If you are going to be in Northern Virginia, Loki goes to a terrific groomer in the Shirlington area of Arlington. They only take dogs by appointment and groom them all the way through. It usually takes around an 1 1/2 hours for Loki. I always get a 6:00 p.m. appointment so we have dinner while he gets groomed. I also take him late because there are fewer people around so he is less distracted - the grooming area is open to a doggie bakery and store. He also barks and whines the whole time because he is a diva. We have been going to the same groomer for over a year and he still acts just the same - but only for the dryer and brushing - he is really good while she cuts his hair.


----------



## ShamaMama (Jul 27, 2015)

Thanks for the update! Thinking of him! Good luck, Melissa!
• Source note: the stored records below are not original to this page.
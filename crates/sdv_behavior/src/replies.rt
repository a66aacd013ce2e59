//! How a simulated card answers a row.

ghost use Rattle.std.specs.Prelude.{◌≡◌, ◌<◌, ◌^◌, IfSome};
ghost use Rattle.sdv_frames.specs.Frame.{HasIndex};
ghost use Rattle.sdv_behavior.specs.Registers.{cid_of};
ghost use Rattle.sdv_behavior.specs.Replies.{shows_app, shows_switch, error_shown, reply_of};

use crate::behavior::StatusError;
use crate::card_desc::CardDesc;
use crate::card_state::CardState;
use crate::choice::Choice;
use crate::words::{address_word, conditions_word, doubt_of, leaves_doubt, status_word};
use sdv_card::state_table::row_index;
use sdv_card::{Kind, Row};
use sdv_frames::Reply;

/// Bits 127..8 of the CID.
fn cid_of(kind: Kind) -> [u8; 15]
    ensures { result ≡ cid_of kind }
{
    match kind {
        Kind::Sd => [
            0x00, 0x58, 0x58, 0x53, 0x44, 0x56, 0x20, 0x20, 0x10, 0x00, 0x00, 0x00, 0x01, 0x01,
            0x81,
        ],
        Kind::Emmc => [
            0x00, 0x01, 0x58, 0x53, 0x44, 0x56, 0x45, 0x52, 0x49, 0x10, 0x00, 0x00, 0x00, 0x01,
            0x17,
        ],
    }
}

/// The answer shows bit 5, where the card took the row, and CMD55 not as an ordinary command.
fn shows_app(row: Row) -> bool
    ensures { result ≡ shows_app row }
{
    match row {
        Row::Cmd55 | Row::Acmd6 { .. } | Row::Acmd13 | Row::Acmd51 => true,
        _ => false,
    }
}

/// The answer shows a pending switch error in bit 7.
fn shows_switch(row: Row) -> bool
    ensures { result ≡ shows_switch row }
{
    match row {
        Row::Cmd13 => true,
        _ => false,
    }
}

/// The error in a status: where one of an earlier write is pending, one that leaves a doubt.
fn error_shown(error: StatusError, pending: bool) -> StatusError
    ensures { result ≡ error_shown error pending }
{
    if pending { doubt_of(error) } else { error }
}

/// The answer of a card that took the row, or stayed. With `app` bit 5 is set where the row shows it.
pub fn reply_of(
    desc: &CardDesc,
    row: Row,
    t: &CardState,
    app: bool,
    error: StatusError,
    choice: Choice,
) -> Option<Reply>
    ensures reply { result ≡ reply_of desc.now row t.now app error choice }
    ensures index { IfSome result HasIndex }
{
    let reply = match row {
        Row::Cmd0 | Row::Cmd7NotAddressed => return None,
        Row::Cmd8Sd if desc.version != 2 => return None,
        Row::Cmd8Sd => Reply::R7(0x1aa),
        Row::Cmd1 => Reply::R3(conditions_word(Kind::Emmc, desc.block_unit, choice.ready)),
        Row::Acmd41 { .. } => Reply::R3(conditions_word(Kind::Sd, desc.block_unit, choice.ready)),
        Row::Cmd2 | Row::Cmd10 => Reply::R2(cid_of(desc.kind)),
        Row::Cmd3Sd => Reply::R6(address_word(choice.address, t.state, leaves_doubt(error))),
        Row::Cmd9 => Reply::R2(desc.csd),
        _ => Reply::R1 {
            index: row_index(row),
            status: status_word(
                t.state,
                shows_app(row) && app,
                shows_switch(row) && (t.mode.error && !choice.keeps_switch_error),
                error_shown(error, t.unshown_error),
            ),
        },
    };
    Some(reply)
}
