//! The CSD of a card, by the fields that tell its capacity; all its other bits are 0.

ghost use Rattle.std.specs.Prelude.{◌≡◌, IsTrue, ◌≤◌};
ghost use Rattle.sdv_behavior.specs.Grammar.{size_fits};
ghost use Rattle.sdv_behavior.specs.Registers.{byte_csd, block_csd, size_blocks};

use crate::description::Size;

/// The capacity in blocks of 512 bytes.
pub fn size_blocks(size: Size) -> u64
    requires { IsTrue (size_fits size) }
    ensures { result ≡ size_blocks size }
{
    (u64::from(size.c_size) + 1) << (size.c_size_mult + 2) << (size.read_bl_len - 9)
}

/// A CSD of version 1, and that of an e.MMC device.
pub fn byte_csd(size: Size) -> [u8; 15]
    requires { IsTrue (size_fits size) }
    ensures { result ≡ byte_csd size }
{
    let c_size = size.c_size;
    let mult = size.c_size_mult;
    [
        0,
        0,
        0,
        0,
        0,
        size.read_bl_len,
        (c_size / 1024) as u8,
        (c_size / 4 % 256) as u8,
        (c_size % 4 * 64) as u8,
        mult / 2,
        mult % 2 * 128,
        0,
        0,
        0,
        0,
    ]
}

/// A CSD of version 2.
pub fn block_csd(c_size: u32) -> [u8; 15]
    requires { c_size ≤ 4194303 }
    ensures { result ≡ block_csd c_size }
{
    [
        0x40,
        0,
        0,
        0,
        0,
        9,
        0,
        (c_size / 65536) as u8,
        (c_size / 256 % 256) as u8,
        (c_size % 256) as u8,
        0,
        0,
        0,
        0,
        0,
    ]
}
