//! A description, line by line.

/// The fields of a CSD that tell the capacity of a card with byte addresses.
#[derive(Clone, Copy)]
pub struct Size {
    /// C_SIZE, at most 4,095.
    pub c_size: u16,
    /// C_SIZE_MULT, at most 7.
    pub c_size_mult: u8,
    /// READ_BL_LEN, 9 to 11.
    pub read_bl_len: u8,
}

/// What the lines of a description say.
#[derive(Clone, Copy)]
pub enum Description {
    /// An SD card with byte addresses.
    SdBytes {
        /// The version of the specification that it follows, 1 or 2.
        version: u8,
        /// Its size.
        size: Size,
        /// The relative card address that it publishes, not 0.
        rca: u16,
    },
    /// An SD card of version 2 with block addresses.
    SdBlocks {
        /// C_SIZE, at most 4,194,303.
        c_size: u32,
        /// The relative card address that it publishes, not 0.
        rca: u16,
    },
    /// An e.MMC device with byte addresses.
    EmmcBytes {
        /// Its size.
        size: Size,
        /// BOOT_SIZE_MULT, 0 where its line is absent.
        boot: u8,
    },
    /// An e.MMC device with block addresses.
    EmmcBlocks {
        /// SEC_COUNT: the blocks of its user area, not 0.
        sectors: u32,
        /// BOOT_SIZE_MULT, 0 where its line is absent.
        boot: u8,
    },
}
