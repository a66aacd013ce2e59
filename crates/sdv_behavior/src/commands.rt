//! Which command of the standard a frame is, to a simulated card of a kind.

ghost use Rattle.std.specs.Prelude.{◌≡◌};
ghost use Rattle.sdv_behavior.specs.Commands.{sd_order_read, emmc_order_read, order_read};

use crate::rows::count_of;
use sdv_card::{Kind, Order, Partition, Setting, Width};
use sdv_frames::Command;

/// The command, if cards of the kind have it. CMD18 and CMD25 have the preset count, or one block.
#[tactic(auto, unfolding(crate::specs::Commands::order_read))]
pub fn order_read(kind: Kind, preset: u16, command: Command) -> Option<Order>
    ensures { result ≡ order_read kind preset command.index command.argument }
{
    match kind {
        Kind::Sd => sd_order_read(preset, command.index, command.argument),
        Kind::Emmc => emmc_order_read(preset, command.index, command.argument),
    }
}

fn sd_order_read(preset: u16, index: u8, argument: u32) -> Option<Order>
    ensures { result ≡ sd_order_read preset index argument }
{
    let count = count_of(preset);
    let order = match (index, argument) {
        (0, 0) => Order::GoIdleState,
        (2, 0) => Order::AllSendCid,
        (3, 0) => Order::SendRelativeAddress,
        (6, 0) => Order::SetBusWidth { width: Width::One },
        (6, 2) => Order::SetBusWidth { width: Width::Four },
        (7, _) => Order::SelectCard,
        (8, 0x0000_01aa) => Order::SendIfCond,
        (9, _) => Order::SendCsd,
        (10, _) => Order::SendCid,
        (12, 0) => Order::StopTransmission,
        (13, _) => Order::SendStatus,
        (16, 512) => Order::SetBlockLength,
        (17, _) => Order::ReadSingleBlock,
        (18, _) => Order::ReadMultipleBlock { count },
        (24, _) => Order::WriteBlock,
        (25, _) => Order::WriteMultipleBlock { count },
        (32, _) => Order::EraseBlockStart,
        (33, _) => Order::EraseBlockEnd,
        (38, 0) => Order::Erase,
        (41, 0x00ff_8000) => Order::SdSendOpCond {
            high_capacity: false,
        },
        (41, 0x40ff_8000) => Order::SdSendOpCond {
            high_capacity: true,
        },
        (51, 0) => Order::SendScr,
        (55, _) => Order::AppCommand,
        _ => return None,
    };
    Some(order)
}

fn emmc_order_read(preset: u16, index: u8, argument: u32) -> Option<Order>
    ensures { result ≡ emmc_order_read preset index argument }
{
    let count = count_of(preset);
    let order = match (index, argument) {
        (0, 0) => Order::GoIdleState,
        (1, 0x40ff_8080) => Order::SendOpCond,
        (2, 0) => Order::AllSendCid,
        (3, 0x0001_0000) => Order::SetRelativeAddress,
        (6, 0x03b7_0000) => Order::Switch {
            setting: Setting::Lines(Width::One),
        },
        (6, 0x03b7_0100) => Order::Switch {
            setting: Setting::Lines(Width::Four),
        },
        (6, 0x03b7_0200) => Order::Switch {
            setting: Setting::Lines(Width::Eight),
        },
        (6, 0x03b3_0000) => Order::Switch {
            setting: Setting::Access(Partition::User),
        },
        (6, 0x03b3_0100) => Order::Switch {
            setting: Setting::Access(Partition::Boot1),
        },
        (6, 0x03b3_0200) => Order::Switch {
            setting: Setting::Access(Partition::Boot2),
        },
        (7, _) => Order::SelectCard,
        (8, 0) => Order::SendExtCsd,
        (9, _) => Order::SendCsd,
        (10, _) => Order::SendCid,
        (12, 0) => Order::StopTransmission,
        (13, _) => Order::SendStatus,
        (16, 512) => Order::SetBlockLength,
        (17, _) => Order::ReadSingleBlock,
        (18, _) => Order::ReadMultipleBlock { count },
        (23, 1..=65_535) => Order::SetBlockCount {
            count: argument as u16,
        },
        (24, _) => Order::WriteBlock,
        (25, _) => Order::WriteMultipleBlock { count },
        (35, _) => Order::EraseGroupStart,
        (36, _) => Order::EraseGroupEnd,
        (38, 0 | 1 | 3) => Order::Erase,
        _ => return None,
    };
    Some(order)
}
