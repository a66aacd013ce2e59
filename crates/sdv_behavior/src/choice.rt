//! What a simulated card chooses, by its behavior, where the tables leave it more than one way to take a row.

ghost use Rattle.std.specs.Prelude.{◌≡◌};
ghost use Rattle.sdv_card.specs.Modes.{has_partition, may_stay_pending};
ghost use Rattle.sdv_behavior.specs.Layout.{boot_capacity};
ghost use Rattle.sdv_behavior.specs.Heard.{address_of, is_heard, is_ready, length_of, switch_fails, sets_app, choice_of};

use crate::behavior::{Behavior, Deed, StatusError};
use crate::card_desc::CardDesc;
use crate::card_state::CardState;
use sdv_card::{Mode, Partition, Row, Setting, State};

/// How a card takes a row, or stays at it.
#[derive(Clone, Copy)]
pub struct Choice {
    /// CMD1 and ACMD41 make it ready.
    pub ready: bool,
    /// CMD6 fails.
    pub switch_fails: bool,
    /// CMD55 sets the application flag, which its answer shows.
    pub app: bool,
    /// The error that its answer shows.
    pub error: StatusError,
    /// Where it stays, it keeps its erase stage.
    pub keeps_erase: bool,
    /// It keeps a preset count that the row does not use.
    pub keeps_preset: bool,
    /// CMD13 keeps a pending switch error, and does not show it.
    pub keeps_switch_error: bool,
    /// The relative address that CMD3 of an SD card shows.
    pub address: u16,
    /// The block length after CMD0, in bytes.
    pub length: u16,
}

/// CMD1 or ACMD41 makes the card ready.
fn is_ready(ready: bool, row: Row, block_unit: bool, checked: bool) -> bool
    ensures { result ≡ is_ready ready row block_unit checked }
{
    match row {
        Row::Acmd41 { high_capacity } => ready && (!block_unit || (high_capacity && checked)),
        _ => ready,
    }
}

/// The card gives access to the partition: a boot partition has blocks.
fn has_partition(partition: Partition, boot_capacity: u64) -> bool
    ensures { result ≡ has_partition partition boot_capacity }
{
    match partition {
        Partition::User => true,
        Partition::Boot1 | Partition::Boot2 => boot_capacity != 0,
    }
}

/// CMD6 fails.
fn switch_fails(fails: bool, row: Row, boot_capacity: u64) -> bool
    ensures { result ≡ switch_fails fails row boot_capacity }
{
    match row {
        Row::Cmd6 {
            setting: Setting::Access(partition),
        } => fails || !has_partition(partition, boot_capacity),
        _ => fails,
    }
}

/// CMD55 sets the application flag, unless the card takes it as an ordinary command.
fn sets_app(expects: bool, row: Row) -> bool
    ensures { result ≡ sets_app expects row }
{
    match row {
        Row::Cmd55 => expects,
        _ => true,
    }
}

/// The host hears the answer, if there is one.
fn is_heard(deed: Deed) -> bool
    ensures { result ≡ is_heard deed }
{
    match deed {
        Deed::Takes | Deed::Stays => true,
        Deed::Loses | Deed::TakesUnheard | Deed::StaysUnheard => false,
    }
}

/// A pending switch error may be left by a status: by one that the host hears, in another state than tran.
fn may_stay_pending(heard: bool, state: State, mode: Mode) -> bool
    ensures { result ≡ may_stay_pending heard state mode }
{
    match (heard, state) {
        (false, _) | (true, State::Tran) => false,
        (true, _) => mode.error,
    }
}

/// The relative address that CMD3 shows.
fn address_of(described: u16, other: bool) -> u16
    ensures { result ≡ address_of described other }
{
    match (other, described) {
        (false, _) => described,
        (true, 1) => 2,
        (true, _) => 1,
    }
}

/// The block length after CMD0: a card with block addresses has 512.
fn length_of(block_unit: bool, described: u16, other: bool) -> u16
    ensures { result ≡ length_of block_unit described other }
{
    match (block_unit || !other, described) {
        (true, _) => described,
        (false, 512) => 1024,
        (false, _) => 512,
    }
}

/// How the card takes the row, or stays at it.
pub fn choice_of(desc: &CardDesc, behavior: Behavior, row: Row, t: &CardState) -> Choice
    ensures { result ≡ choice_of desc.now behavior row t.now }
{
    Choice {
        ready: is_ready(behavior.ready, row, desc.block_unit, t.checked),
        switch_fails: switch_fails(behavior.fails_switch, row, desc.boot_capacity()),
        app: sets_app(behavior.expects_app, row),
        error: behavior.error,
        keeps_erase: behavior.keeps_erase,
        keeps_preset: behavior.keeps_preset,
        keeps_switch_error: behavior.keeps_switch_error
            && may_stay_pending(is_heard(behavior.deed), t.state, t.mode),
        address: address_of(desc.rca, behavior.other_address),
        length: length_of(desc.block_unit, desc.block_length, behavior.other_length),
    }
}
Loki, Loki, Loki!


----------



## Melissa Brill (Feb 22, 2017)

*PA*



Barbara Levy said:


> If you are going to be in Northern Virginia, Loki goes to a terrific groomer in the Shirlington area of Arlington. They only take dogs by appointment and groom them all the way through. It usually takes around an 1 1/2 hours for Loki. I always get a 6:00 p.m. appointment so we have dinner while he gets groomed. I also take him late because there are fewer people around so he is less distracted - the grooming area is open to a doggie bakery and store. He also barks and whines the whole time because he is a diva. We have been going to the same groomer for over a year and he still acts just the same - but only for the dryer and brushing - he is really good while she cuts his hair.


Thanks Barbara. We'll be in NE PA... I'm sure we'll be fine (we do have the advantage of being related to the owners, so that might make the groomer pay a little more attention  )


----------